Adam Rosenblum, the studio's manager of intellectual properties, said the company plans to release about four books a month, with most comic books running as miniseries of no more than five issues.

These comics are part of the company's overall plan to put characters into as many media as possible. In addition to its film and TV projects, Platinum has a mobile-device division; an apparel company called Number Zero Ltd., which sells reversible T-shirts; a comics news site, Broken Frontier; an online store; and Web comics site DrunkDuck.com. It also hosts the Comic Book Challenge, a talent contest held at Comic-Con International in San Diego for comics creators, now in its second year.

"To us, it's a business model, but more so, it's cool," said Rosenberg. "We like seeing [characters] walk and talk and be used, whether it's a wallpaper or a toothbrush or an action figure or in a game. It's just fun doing that."

Creating characters has always been part of Rosenberg's work, dating back to his role in starting Malibu Comics in 1986, where he sold a book called Men in Black to Columbia Pictures.

When the overheated comic book market collapsed in 1994, Rosenberg put Malibu on the block. While DC Comics was interested, it was Marvel that took home the prize (though counter to urban legend, it wasn't because of Malibu's computer coloring). "What Marvel and DC both wanted at that time, because they weren't creating new characters, was that Malibu ostensibly only created new characters," Rosenberg said.

Rosenberg took a year off from the business side to develop a bible for what became Platinum's Macroverse.

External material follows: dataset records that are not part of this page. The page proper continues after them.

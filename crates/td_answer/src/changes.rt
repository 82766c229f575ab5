//! The changes of an output, by the levels at which it settles.

ghost use Rattle.std.specs.Prelude.{◌≡◌, length, true, IfOk, IfErr};
ghost use Rattle.td_circuit.specs.Numbering.{setting};
ghost use Rattle.td_certificate.specs.Accepts.{are_fit};
ghost use Rattle.td_question.specs.Keeping.{count_nets};
ghost use Rattle.td_answer.specs.Columns.{IsOnlyOutput, where_settles, pairs_of, AreTrueChanges, asks_changes, asks_figures, HasChanges, is_known, is_answered, are_closed};
ghost use Rattle.td_answer.specs.Findings.{IsTrueFound, is_closed};
ghost use Rattle.td_answer.specs.Outlooks.{IsTrueOutlook};
ghost use Rattle.td_answer.specs.Tables.{IsUnanswered};

use crate::alone::{Alone, Inquiry, Settled, answer_where, kept_found, output_number};
use crate::outlook::Outlook;
use crate::refusal::Refusal;
use std::alloc::Global;
use std::sync::Wait;
use std::thread::Threads;
use td_circuit::Circuit;
use td_gates::Level;
use td_lines::{Changes, Found};
use td_request::Table;
use td_spans::Form;

/// The output rises.
const RISING: Form = Form::Levels(Level::Zero, Level::One);

/// The output falls.
const FALLING: Form = Form::Levels(Level::One, Level::Zero);

/// Whether a table has the changes of each output.
fn asks_changes(table: Option<Table>) -> bool
    ensures { result ≡ asks_changes table }
{
    match table {
        None | Some(Table::Delays | Table::Hazards) => false,
        Some(Table::Changes { .. }) => true,
    }
}

/// Whether the figure of the latest glitch is asked for.
pub(crate) fn asks_figures(table: Option<Table>) -> bool
    ensures { result ≡ asks_figures table }
{
    match table {
        None | Some(Table::Delays | Table::Hazards) => false,
        Some(Table::Changes { figures }) => figures,
    }
}

/// What is found of the pairs under which the output settles so.
fn found_where<'n, 'w, R: Threads + Wait + Sync>(
    rt: &R,
    alloc: Global,
    alone: Alone<'_, 'w>,
    settled: Settled,
) -> Result<Found, Refusal<'n, 'w>>
    requires held { length alone.inquiry.admit.now.held ≡ length alone.circuit.now.netlist.inputs }
    requires fit { are_fit (count_nets alone.circuit.now.netlist) alone.inquiry.keep.now ≡ true }
    requires output { IsOnlyOutput alone.circuit.now.netlist alone.net }
    requires outlook { IsTrueOutlook (setting alone.circuit.now) alone.inquiry.admit.now alone.outlook }
    ensures found { IfOk result (IsTrueFound (setting alone.entry.circuit.now)
        (where_settles (pairs_of alone.entry.inquiry) alone.entry.net settled.form)) }
    ensures refusal { IfErr result (IsUnanswered alone.entry.inquiry.admit.now) }
{
    let answer = answer_where(rt, alloc, alone, settled)?;
    Ok(kept_found(&answer))
}

/// The moment that is required of a glitch: none is later, where its figure isn't asked for.
fn required_of(table: Option<Table>) -> Option<u64> {
    if asks_figures(table) { None } else { Some(0) }
}

/// The changes of the output.
fn changes_of<'n, 'w, R: Threads + Wait + Sync>(
    rt: &R,
    alloc: Global,
    alone: Alone<'_, 'w>,
) -> Result<Changes, Refusal<'n, 'w>>
    requires held { length alone.inquiry.admit.now.held ≡ length alone.circuit.now.netlist.inputs }
    requires fit { are_fit (count_nets alone.circuit.now.netlist) alone.inquiry.keep.now ≡ true }
    requires output { IsOnlyOutput alone.circuit.now.netlist alone.net }
    requires outlook { IsTrueOutlook (setting alone.circuit.now) alone.inquiry.admit.now alone.outlook }
    ensures changes { IfOk result (AreTrueChanges (setting alone.entry.circuit.now) (pairs_of alone.entry.inquiry)) }
    ensures refusal { IfErr result (IsUnanswered alone.entry.inquiry.admit.now) }
{
    let rising = Settled {
        form: RISING,
        required: None,
    };
    let rise = found_where(rt, alloc, alone, rising)?;
    let falling = Settled {
        form: FALLING,
        required: None,
    };
    let fall = found_where(rt, alloc, alone, falling)?;
    let held = Settled {
        form: Form::Equal,
        required: required_of(alone.inquiry.search.table),
    };
    let glitch = found_where(rt, alloc, alone, held)?;
    Ok(Changes { rise, fall, glitch })
}

/// The changes of the output that a circuit is asked about alone, where they are asked for.
pub(crate) fn changes_in<'n, 'w, R: Threads + Wait + Sync>(
    rt: &R,
    alloc: Global,
    circuit: &Circuit,
    outlook: Outlook<'_>,
    inquiry: Inquiry<'_, 'w>,
) -> Result<Option<Changes>, Refusal<'n, 'w>>
    requires held { length inquiry.admit.now.held ≡ length circuit.now.netlist.inputs }
    requires fit { are_fit (count_nets circuit.now.netlist) inquiry.keep.now ≡ true }
    requires output { length circuit.now.netlist.outputs ≡ 1 }
    requires outlook { IsTrueOutlook (setting circuit.now) inquiry.admit.now outlook }
    ensures changes { IfOk result (HasChanges inquiry.entry.search.now.table (setting circuit.now) (pairs_of inquiry.entry)) }
    ensures refusal { IfErr result (IsUnanswered inquiry.entry.admit.now) }
{
    if !asks_changes(inquiry.search.table) {
        return Ok(None);
    }
    let net = output_number(circuit);
    let alone = Alone {
        circuit,
        net,
        outlook,
        inquiry,
    };
    let changes = changes_of(rt, alloc, alone)?;
    Ok(Some(changes))
}

/// Whether nothing is left open.
pub(crate) fn is_closed(found: Found) -> bool
    ensures { result ≡ is_closed found }
{
    match found {
        Found::Exact(_) | Found::NoPair => true,
        Found::Between { .. } | Found::AtMost(_) => false,
    }
}

/// Whether it is known if some pair is later than 0.
fn is_known(found: Found) -> bool
    ensures { result ≡ is_known found }
{
    match found {
        Found::Exact(_) | Found::NoPair => true,
        Found::Between { low, high } => 0 < low || high == 0,
        Found::AtMost(high) => high == 0,
    }
}

/// Whether what is asked of a glitch is answered: its figure, or whether there is one.
fn is_answered(figures: bool, glitch: Found) -> bool
    ensures { result ≡ is_answered figures glitch }
{
    if figures {
        return is_closed(glitch);
    }
    is_known(glitch)
}

/// Whether nothing is left open of the changes of an output, where they are asked for.
pub(crate) fn are_closed(figures: bool, changes: &Option<Changes>) -> bool
    ensures { result ≡ are_closed figures changes.now }
{
    match changes {
        None => true,
        Some(changes) => {
            is_closed(changes.rise)
                && (is_closed(changes.fall) && is_answered(figures, changes.glitch))
        }
    }
}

He opened Platinum in 1997, pitching properties like Cowboys & Aliens its first week in business. The company produced 35 episodes of Jeremiah, based on Hermann Huppen's graphic novels, and searched for characters to add to its library. That search lead to acquiring rights to the Hexagon Comics characters from Europe and Rob Liefeld's Awesome Comics characters. Platinum also represents Top Cow's characters in other media and is developing a line called Crisis Comics in conjunction with a real-life espionage expert, Col. John Alexander.

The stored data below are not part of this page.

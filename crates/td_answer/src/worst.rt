//! The worst delay.

ghost use Rattle.std.specs.Prelude.{◌≡◌, ◌≤◌, ◌++◌, ◌⊎◌, [], length, is_some, IfOk, IfErr};
ghost use Rattle.td_circuit.specs.Numbering.{setting};
ghost use Rattle.td_search.specs.Answers.{low_of};
ghost use Rattle.td_search.specs.Problems.{Problem, problem_by, has_delay};
ghost use Rattle.td_worst.specs.Methods.{tree_of, high_of};
ghost use Rattle.td_worst.specs.Supports.{IsSupport};
ghost use Rattle.td_question.specs.Asking.{IsAsked};
ghost use Rattle.td_answer.specs.Answered.{IsPrintOfSearch};
ghost use Rattle.td_answer.specs.Methods.{method_of, bytes_of};
ghost use Rattle.td_answer.specs.Heads.{head_lines};
ghost use Rattle.td_answer.specs.Lines.{answer_lines, ending_of, pair_in};
ghost use Rattle.td_answer.specs.Runs.{RunsPair, TellsPair};
ghost use Rattle.td_answer.specs.Dumps.{IsDumpWhere};
ghost use Rattle.td_answer.specs.Additions.{AddsLines};
ghost use Rattle.td_answer.specs.OpenCertificates.{IsCertificateOf, told_with};
ghost use Rattle.td_answer.specs.Conditions.{IsTrueSearch, IsCertifiedFor};
ghost use Rattle.td_answer.specs.Searches.{IsRefusedSearch};
ghost use Rattle.td_answer.specs.Writing.{CanBeWritten};

use crate::answers::{ending_of, pair_in, report_of};
use crate::beside::push_run;
use crate::certifying::{Read, certificate};
use crate::ended::Ended;
use crate::kept::worst_kept;
use crate::kept_certificate::Told;
use crate::open_certificate::{Open, open_certificate};
use crate::outcome::{Dump, Outcome, Waves};
use crate::refusal::Refusal;
use crate::runs::run_of;
use std::alloc::{AllocError, Global};
use std::sync::Wait;
use std::thread::Threads;
use td_certificate::{Certificate, Question};
use td_circuit::Circuit;
use td_domain::{Admit, Pair};
use td_gates::Delay;
use td_lead::Timed;
use td_lines::Report;
use td_pool::{Effort, Limits, Watch};
use td_question::{Asked, question_of};
use td_reading::Reading;
use td_request::Search;
use td_search::{Answer, Strategy};
use td_stop::Stop;
use td_worst::{Found, Method};

/// The means of a strategy.
pub(crate) fn method_of(strategy: td_request::Strategy) -> Method
    ensures { result ≡ method_of strategy }
{
    match strategy {
        td_request::Strategy::Least => Method::Least,
        td_request::Strategy::Lead => Method::Lead,
        td_request::Strategy::Refute => Method::Refute,
        td_request::Strategy::Auto => Method::Auto,
    }
}

/// How many bytes are so many units of 1,048,576 bytes: all that there are where none are given.
fn bytes_of(memory: Option<u64>) -> u64
    ensures { result ≡ bytes_of memory }
{
    match memory {
        Some(units) => units.saturating_mul(1_048_576),
        None => u64::MAX,
    }
}

/// How a search goes, and what ends it.
pub(crate) fn limits_of<'a>(asked: &td_request::Effort, stop: &'a Stop) -> Limits<'a>
    ensures workers { result.effort.workers ≡ asked.now.workers }
    ensures budget { result.effort.budget ≡ asked.now.budget }
    ensures memory { result.memory ≡ bytes_of asked.now.memory }
    ensures stop { result.stop.now ≡ stop.now }
{
    let effort = Effort {
        workers: asked.workers,
        budget: u64::from(asked.budget),
    };
    let memory = bytes_of(asked.memory);
    Limits {
        effort,
        stop,
        memory,
    }
}

/// The waves of a pair's run, where they are asked for.
pub(crate) fn dump_of(
    alloc: Global,
    circuit: Circuit,
    pair: &Pair,
    is_asked: bool,
) -> Result<Option<Dump>, AllocError>
    requires first_fits { length pair.now.first ≡ length circuit.netlist.inputs }
    requires second_fits { length pair.now.second ≡ length circuit.netlist.inputs }
    ensures { IfOk result (IsDumpWhere is_asked (setting circuit) (RunsPair (setting circuit) pair.now)) }
{
    if !is_asked {
        return Ok(None);
    }
    let run = run_of(alloc, &circuit, pair)?;
    Ok(Some(Dump::Whole(Waves { circuit, run })))
}

/// The report of an answer, and after it what is asked of its pair's run.
fn reported(
    alloc: Global,
    circuit: &Circuit,
    answer: &Answer,
    ended: Ended<'_, '_>,
) -> Result<Report, AllocError>
    requires first_fits { length (pair_in answer.now).first ≡ length circuit.now.netlist.inputs }
    requires second_fits { length (pair_in answer.now).second ≡ length circuit.now.netlist.inputs }
    ensures { IfOk result (AddsLines (TellsPair ended.entry.search.now.shown (setting circuit.now) (pair_in answer.now)) (head_lines circuit.now.netlist ++ answer_lines ended.entry answer.now)) }
{
    let mut report = report_of(alloc, circuit, answer, ended)?;
    push_run(
        alloc,
        &mut report,
        circuit,
        pair_in(answer),
        ended.search.shown,
    )?;
    Ok(report)
}

/// How a netlist was read, and what pairs keep, as a certificate tells it; and which certificate of
/// an exact answer does so.
struct Telling {
    told: Told,
    strategy: Strategy,
}

/// The certificate of an answer, if it has one. The error is out of memory.
fn certificate_of(
    alloc: Global,
    circuit: &Circuit,
    admit: Admit,
    telling: Telling,
    found: Found,
    search: &Search<'_>,
) -> Result<Option<Certificate>, AllocError>
    requires held { length admit.held ≡ length circuit.now.netlist.inputs }
    requires flips { admit.flips ≤ length admit.held }
    requires bare { telling.told.keep.items ≡ [] }
    requires has { has_delay (problem_by telling.strategy circuit.now admit) (pair_in found.answer) (low_of found.answer) }
    requires ordered { low_of found.answer ≤ high_of found.answer }
    requires shown { IsSupport (setting circuit.now) admit found.support }
    ensures { IfOk result (IsCertificateOf telling.told (problem_by telling.strategy circuit.now admit) search.now found.answer) }
{
    let Telling { told, strategy } = telling;
    let Found {
        answer,
        support,
        ..
    } = found;
    match answer {
        Answer::Exact { time, pair, tree } => {
            let moments = Vec::from_slice(alloc, circuit.moments())?;
            let question = Question::new(admit, moments);
            let Told {
                default,
                outputs,
                ..
            } = told;
            let read = Read { default, outputs };
            let answer = Answer::Exact { time, pair, tree };
            let kept = certificate(alloc, circuit, question, read, strategy, answer)?;
            Ok(kept)
        }
        Answer::Between {
            low,
            high,
            pair,
            ..
        } => {
            let best = Timed { pair, time: low };
            let open = Open {
                best,
                high,
                support,
            };
            let kept = open_certificate(alloc, circuit, admit, told, open, search);
            Ok(kept)
        }
    }
}

/// What is shown and kept of an answer to what is asked.
fn outcome_of(
    alloc: Global,
    asked: Asked,
    default: Delay,
    strategy: Strategy,
    found: Found,
    ended: Ended<'_, '_>,
) -> Result<Outcome, AllocError>
    requires held { length asked.admit.held ≡ length asked.circuit.netlist.inputs }
    requires flips { asked.admit.flips ≤ length asked.admit.held }
    requires bare { asked.keep.items ≡ [] }
    requires first_fits { length (pair_in found.answer).first ≡ length asked.circuit.netlist.inputs }
    requires second_fits { length (pair_in found.answer).second ≡ length asked.circuit.netlist.inputs }
    requires has { has_delay (problem_by strategy asked.circuit asked.admit) (pair_in found.answer) (low_of found.answer) }
    requires ordered { low_of found.answer ≤ high_of found.answer }
    requires shown { IsSupport (setting asked.circuit) asked.admit found.support }
    ensures report { IfOk result (λ outcome. AddsLines (TellsPair ended.entry.search.now.shown (setting asked.circuit) (pair_in found.answer))
        (head_lines asked.circuit.netlist ++ answer_lines ended.entry found.answer) outcome.report) }
    ensures certified { IfOk result (λ outcome. IsCertificateOf (told_with default asked.outputs asked.keep) (problem_by strategy asked.circuit asked.admit)
        ended.entry.search.now found.answer outcome.certificate) }
    ensures dumped { IfOk result (λ outcome. IsDumpWhere (is_some ended.entry.search.now.dump) (setting asked.circuit)
        (RunsPair (setting asked.circuit) (pair_in found.answer)) outcome.dump) }
    ensures status { IfOk result (λ outcome. outcome.status ≡ ending_of ended.entry.search.now.required found.answer) }
{
    let Asked {
        circuit,
        admit,
        outputs,
        keep,
        ..
    } = asked;
    let search = ended.search;
    let report = reported(alloc, &circuit, &found.answer, ended)?;
    let status = ending_of(search.required, &found.answer);
    let pair = pair_in(&found.answer).copy(alloc)?;
    let told = Told {
        default,
        outputs,
        keep,
    };
    let telling = Telling { told, strategy };
    let certificate = certificate_of(alloc, &circuit, admit, telling, found, search)?;
    let dump = dump_of(alloc, circuit, &pair, search.dump.is_some())?;
    Ok(Outcome {
        report,
        certificate,
        dump,
        status,
        verdict: None,
    })
}

/// The search for the worst delay of what a request asks of a text.
pub(crate) fn worst<'n, 'w, W: Watch, R: Threads + Wait + Sync>(
    rt: &R,
    alloc: Global,
    text: &'n [u8],
    reading: &Reading<'_>,
    search: &Search<'w>,
    stop: &Stop,
    watch: &mut W,
) -> Result<Outcome, Refusal<'n, 'w>>
    ensures says { IfOk result (IsTrueSearch text.now reading.now search.now) }
    ensures answered { IfOk result (IsPrintOfSearch stop.now.can_be_set text.now reading.now search.now) }
    ensures certified { IfOk result (λ outcome. IsCertifiedFor text.now reading.now search.now outcome.report outcome.certificate) }
    ensures written { IfOk result CanBeWritten }
    ensures refusal { IfErr result (IsRefusedSearch text.now reading.now search.now) }
    ensures reported { (watch.new ≡ watch.old)
        ⊎ ((asked : Problem) × IsAsked text.now reading.now search.now.question asked.setting asked.admit × W.reported asked watch.old watch.new) }
{
    let asked = question_of(alloc, text, reading, &search.question)?;
    stop.gauge.end_reading();
    if !asked.keep.is_empty() {
        return worst_kept(rt, alloc, asked, text, reading, search, stop);
    }
    let method = method_of(search.strategy);
    let limits = limits_of(&search.effort, stop);
    let question = td_worst::Question {
        circuit: &asked.circuit,
        admit: &asked.admit,
        method,
        required: search.required,
    };
    let found = td_worst::worst(rt, alloc, question, limits, watch)?;
    let ended = Ended {
        search,
        was_asked: stop.was_asked(),
        work: found.work,
    };
    let outcome = outcome_of(
        alloc,
        asked,
        reading.default,
        method.strategy(),
        found,
        ended,
    )?;
    Ok(outcome)
}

Platinum approaches publishing much the way it does the movie business, by looking at its properties' global potential. On the domestic front, the direct market is reliably steady, and trade paperbacks do well in bookstores and online. "What works for us are a lot of the limited editions that we'll sell to the collector market, and then selling the foreign rights for publishing. That actually can make comics profitable," he said.

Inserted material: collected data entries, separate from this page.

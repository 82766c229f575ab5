//! The earliest change of an output, by edges.

ghost use Rattle.std.specs.Prelude.{◌≡◌, ◌<◌, ◌*◌, true, length, map, filter_map, slice_get, IfOk, OnOk};
ghost use Rattle.std.specs.List.{All};
ghost use Rattle.td_circuit.specs.Numbering.{setting};
ghost use Rattle.td_answer.specs.Additions.{AddsLines};
ghost use Rattle.td_spans.specs.Pieces.{nearest};
ghost use Rattle.td_answer.specs.Starts.{first_change, soonest, IsSoundStart, TellsStart};

use std::alloc::{AllocError, Global};
use td_circuit::Circuit;
use td_domain::{Cube, signals};
use td_edges::{Edges, Signal};
use td_lines::{Figure, Line, Report};

/// The moment before which a signal doesn't change. None where it never does.
fn first_change(signal: &Signal) -> Option<u64>
    ensures { result ≡ first_change signal.now }
{
    match signal.changes {
        None => None,
        Some(span) => Some(span.earliest),
    }
}

/// The sooner of two moments, where there are any.
pub(crate) fn sooner(one: Option<u64>, other: Option<u64>) -> Option<u64>
    ensures { result ≡ nearest one other }
{
    match (one, other) {
        (None, other) => other,
        (Some(one), None) => Some(one),
        (Some(one), Some(other)) => Some(one.min(other)),
    }
}

/// The moment before which none of these nets changes. None where none of them ever does.
fn soonest(signals: &[Signal], nets: &[u32]) -> Option<u64>
    requires { All (λ net. net < length signals.now) nets.now }
    ensures { result ≡ soonest (map first_change (filter_map (slice_get signals.now) nets.now)) }
{
    let mut first = None;
    for net in nets {
        first = sooner(first, first_change(&signals[*net as usize]));
    }
    first
}

/// The moment before which no pair of a cube changes an output. None where none ever does.
fn start_of(alloc: Global, circuit: &Circuit, cube: &Cube) -> Result<Option<u64>, AllocError>
    requires { length cube.now ≡ 2 * length circuit.now.netlist.inputs }
    ensures { IfOk result (IsSoundStart (setting circuit.now) cube.now) }
{
    let signals = signals::<Edges>(alloc, circuit, cube)?;
    let start = soonest(&signals, circuit.outputs());
    Ok(start)
}

/// Appends the moment before which no pair of a cube changes an output, where it is asked for.
pub(crate) fn push_earliest(
    alloc: Global,
    report: &mut Report,
    circuit: &Circuit,
    cube: &Cube,
    earliest: bool,
) -> Result<(), AllocError>
    requires { length cube.now ≡ 2 * length circuit.now.netlist.inputs }
    ensures { OnOk result (AddsLines (TellsStart earliest (setting circuit.now) cube.now) report.old report.new) }
{
    if earliest {
        push_start(alloc, report, circuit, cube)
    } else {
        Ok(())
    }
}

/// Appends the moment before which no pair of a cube changes an output.
fn push_start(
    alloc: Global,
    report: &mut Report,
    circuit: &Circuit,
    cube: &Cube,
) -> Result<(), AllocError>
    requires { length cube.now ≡ 2 * length circuit.now.netlist.inputs }
    ensures { OnOk result (AddsLines (TellsStart true (setting circuit.now) cube.now) report.old report.new) }
{
    let start = start_of(alloc, circuit, cube)?;
    report.add(Line::Bound(Figure::Earliest, start))
}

Platinum's model does not require it to own every property it represents, only to have the rights to develop it in other media. Deals with creators are made on an individual basis, and there is no standard agreement, Rosenberg said.

DrunkDuck.com and the annual Comic Book Challenge are proving fertile ground for finding new creators and properties. DrunkDuck registers 1.5 million users a month and hosts more than 3,000 Web comics, some of which run hundreds of completed pages that could easily be turned into graphic novels. Last year's challenge winner, Hero by Night, began as a Web comic that shot to the top of the rankings shortly after its debut on DrunkDuck and has since jumped to print with new material.

Rosenberg says having comics in print and online increases the audience instead of cannibalizing it. It also makes it easier to bring in new readers. "If you like it, you go there each day and read it, as opposed to trying to hunt it down at a newsstand or a comic store where, unless it's one of the big titles, you're going to have a hard time finding it," he said.

While comic book movies have dominated the box office in recent years, there still is plenty of opportunity as Hollywood looks beyond superheroes. "The market has finally realized that comic book does not equal superhero," Rosenberg said. "And now there's independent financing. That's going to allow comic books a lot more opportunity—and there already is a good amount."